Now, we publish Drop Copy updates as soon as we receive them to the Trade Diff Engine and match them up in real-time with the executions that are being published real-time from our Position Service, removing any communications with the database. This is a huge improvement over the previous logic; everything is way more responsive, even just before the market close (when things are usually busy). This design change reduced our latency from minutes down to seconds, making our system as real-time as possible.
Exchanges use a different protocol from FIX
For exchanges that use FIX Protocol to communicate information about our trades, we use a third party tool called OnixS. This provides out-of-the box functionality which: manages the logins to the exchanges, establishes heart beating with the exchange, uses exchange message parsing logic, recovers gracefully if we need to reconnect intraday to an exchange for any reason, and provides all the trade related data from the exchanges in a format that we can use.
However, not all exchanges send their Drop Copy information using FIX. BOX and PHLX, for example, use a proprietary binary protocol, and since OnixS does not support Binary at this time, we had to develop from scratch all the functionality mentioned above that OnixS provides. Unlike FIX, which uses many standardized fields across the industry, Binary does not have such standardization. Thus we developed generic session handlers that are customizable by exchange; for example, the parsers for BOX and PHLX are different because they use different fields, so we had to customize our development to handle these differences. A benefit of these efforts is if we ever had to connect to another exchange with binary drop copy, it should be relatively easy because all we would need to do would be to parse all the different fields and then put it in a format that Drop Copy understands. Then Drop Copy would commit it to the database and publish it out to the Trade Diff Engine.
In order for any exchange to know that we are ready and able to receive drop copies, we first have to establish a TCP/IP socket connection between Drop Copy Service and the exchange. This is another function that OnixS provides out-of-the-box for FIX, so for BOX and PHLX we had to create our own socket with a TCP handler to open a socket, and keep it open in case the heartbeat were missing, and reestablish that socket connection.
After the connection to the BOX or PHLX exchange is made, we login with a password. Once we have successfully logged in, the exchange begins heartbeating with us. Without heartbeats, the exchange will not send us any messages back. We built our own heartbeat handler that sends out heartbeats to the exchanges at 30 second intervals. If we detect that heartbeats are missing, Drop Copy Service would automatically reissue the login and would try to restart the heartbeat sequencing.
Once the exchange and Drop Copy Service are heartbeating with each other, we try to synchronize the sequence numbers. The first heartbeat we send tells the exchange the sequence ID that we have, then the exchange sends a heartbeat back to us letting them know the sequence ID they have. If both sequence IDs match, then we are logged in and ready for the day. If the sequence IDs do not match, and our sequence ID is lower than that of the exchange, then the exchange issues a replay to us of any messages that we’ve missed since the time we were down. If our sequence ID is higher than that of the exchange, the login will fail and we would need to manually update the sequence ID and make it match that of the exchange.
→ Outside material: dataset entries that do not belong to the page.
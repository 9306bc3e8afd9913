// Lines with escapes, so that a text of any bytes fits on one line.
ghost use Rattle.std.specs.Prelude.{length};
ghost use Rattle.std.specs.Iterator.{at_most};

use std::alloc::{AllocError, Global};

// No to_digit of char: a capital is no digit here.
fn hex_digit(b: u8) -> u8 {
    match b {
        b'0'..=b'9' => b - b'0',
        b'a'..=b'f' => b - b'a' + 10,
        _ => 0,
    }
}

// The bytes that a part of a line stands for, one after another.
#[derive(Drop)]
struct Bytes<'a> {
    rest: &'a [u8],
}

impl Iterator for Bytes<'_> {
    type Item = u8;

    ghost remaining = { λ s. at_most (length s.rest.now) };

    fn next(&mut self) -> Option<u8> {
        let (byte, rest) = match self.rest {
            [] => return None,
            [b'\\', b'n', rest @ ..] => (b'\n', rest),
            [b'\\', b'r', rest @ ..] => (b'\r', rest),
            [b'\\', b't', rest @ ..] => (b'\t', rest),
            [b'\\', b'x', a, b, rest @ ..] => ((hex_digit(*a) << 4) | hex_digit(*b), rest),
            [b'\\', b, rest @ ..] | [b, rest @ ..] => (*b, rest),
        };
        self.rest = rest;
        Some(byte)
    }
}

// COUNT|TEXT: the text so many times.
fn repeat(out: &mut Vec<u8>, part: &[u8]) -> Result<(), AllocError> {
    let Some(bar) = part.iter().position(|b| *b == b'|') else {
        return Ok(());
    };
    let count = part[..bar].iter().fold(0u32, |n, b| {
        n.saturating_mul(10)
            .saturating_add(u32::from(hex_digit(*b)))
    });
    // No extend: the text may be empty, or one byte, and the count large.
    for _ in 0..count {
        for byte in (Bytes {
            rest: &part[bar + 1..],
        }) {
            out.push(byte)?;
        }
    }
    Ok(())
}

// The bytes that a line stands for.
pub(crate) fn decode(heap: Global, line: &[u8]) -> Result<Vec<u8>, AllocError> {
    let mut out = Vec::new(heap);
    for part in line.split_inclusive(|b| matches!(*b, b'{' | b'}')) {
        match part {
            [repeated @ .., b'}'] => repeat(&mut out, repeated)?,
            [rest @ .., b'{'] | rest => out.extend(Bytes { rest })?,
        }
    }
    Ok(out)
}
PHLX replays the entire day
Once we are logged in, if we were to subsequently disconnect from an exchange (for example, from a network outage or a Drop Copy Service crash), we’d first need to reestablish that socket connection. Once the connection is reestablished, similar to the first login of the day, we would send to the exchange the highest numbered sequence ID plus the login information (we store these sequence IDs in a file in our database). Additionally, we would make a request to them to send any messages that we’ve missed from that point. However, unlike other exchanges, PHLX doesn’t simply replay the gap of messages that was missed; instead, it replays all messages from the beginning of the day, so for PHLX we had to implement logic to filter out all of messages in the replay that we had already successfully received. This filtering logic is written in C++. We keep the sequence IDs in the cache of the Drop Copy Service, so when PHLX sends all the messages for the day, we do a comparison, and import into our system the messages we don’t have, and drop the ones we had already received earlier.
Crashing/Not connecting initially
We had a few issues with OnixS crashing after we had connected to some of the Drop Copy sessions in the morning. We upgraded to the latest version of OnixS (version 18.104.22.168) and that did the trick – it no longer crashes.
ISE hexadecimal to decimal
The exchange order ID that we receive from the ISE is in hexadecimal, yet our system uses decimal numbers. So we use some C++ functions to convert the exchange order ID from a hexadecimal number into a decimal number. This conversion makes the matching possible, and all we have to do is compare the two order IDs, and if they match, then compare the drop copy messages against the messages in our system.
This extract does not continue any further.